How many lines in this data contain the string "Some"? Reply with the number only.

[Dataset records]
______

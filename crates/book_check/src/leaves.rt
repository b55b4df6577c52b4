//! How many leaves trees have, as far as these are few.
ghost use Rattle.std.specs.Prelude.{◌≡◌, ◌<◌, ◌≤◌, ◌*◌, map, MatchOption};
ghost use Rattle.conditions.specs.Conditions.{cond_of};
ghost use Rattle.book_check.specs.BookWork.{doubled as doubled_of, leaves as leaves_of, leaves_among as leaves_among_of, leaves_numbered};

use crate::lookups::tree_at;
use books::Nodes;
use conditions::Tree;

/// One, where that isn't too many.
fn one(most: u32) -> Option<u32>
    ensures { MatchOption result (most < 1) (λ n. (n ≡ 1) × (n ≤ most)) }
{
    if most == 0 {
        return None;
    }
    Some(1)
}

/// How many leaves a tree has; `None` where more than so many.
fn leaves(t: &Tree, most: u32) -> Option<u32>
    ensures { MatchOption result (most < leaves_of (cond_of t.now)) (λ n. (n ≡ leaves_of (cond_of t.now)) × (n ≤ most)) }
{
    match t {
        Tree::Leaf(_) => one(most),
        Tree::Test(_, held, free) => {
            let Some(first) = leaves(held, most) else {
                return None;
            };
            let Some(second) = leaves(free, most - first) else {
                return None;
            };
            Some(first + second)
        }
    }
}

/// How many the tree with this number has; `None` where more than so many.
pub(crate) fn numbered_leaves(table: &[Tree], number: u32, most: u32) -> Option<u32>
    ensures { MatchOption result (most < leaves_numbered (map cond_of table.now) number) (λ n. (n ≡ leaves_numbered (map cond_of table.now) number) × (n ≤ most)) }
{
    match tree_at(table, number) {
        Some(tree) => leaves(tree, most),
        None => one(most),
    }
}

/// How many the trees of nodes side by side have together; `None` where more than so many.
pub(crate) fn leaves_among<F: Nodes>(table: &[Tree], nodes: F, most: u32) -> Option<u32>
    requires { F.AreKept nodes }
    ensures { MatchOption result (most < leaves_among_of (map cond_of table.now) (F.nodes nodes)) (λ n. (n ≡ leaves_among_of (map cond_of table.now) (F.nodes nodes)) × (n ≤ most)) }
{
    let mut rest = nodes;
    let mut left = most;
    while let Some(first) = rest.first() {
        let Some(more) = numbered_leaves(table, first.number, left) else {
            return None;
        };
        left -= more;
        rest = first.rest;
    }
    Some(most - left)
}

/// Twice as much for each, from one on; `None` where that is more than so many.
pub(crate) fn doubled(times: u32, most: u32) -> Option<u32>
    ensures { MatchOption result (most < doubled_of times) (λ n. (n ≡ doubled_of times) × (n ≤ most)) }
{
    if times == 0 {
        return one(most);
    }
    if most == 0 {
        return None;
    }
    let Some(half) = doubled(times - 1, most / 2) else {
        return None;
    };
    Some(half + half)
}

/// A product; `None` where it is more than so many.
pub(crate) fn product(a: u32, b: u32, most: u32) -> Option<u32>
    ensures { MatchOption result (most < a * b) (λ n. (n ≡ a * b) × (n ≤ most)) }
{
    match a.checked_mul(b) {
        None => None,
        Some(n) => {
            if n > most {
                return None;
            }
            Some(n)
        }
    }
}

______

● **Result of this exercise**
12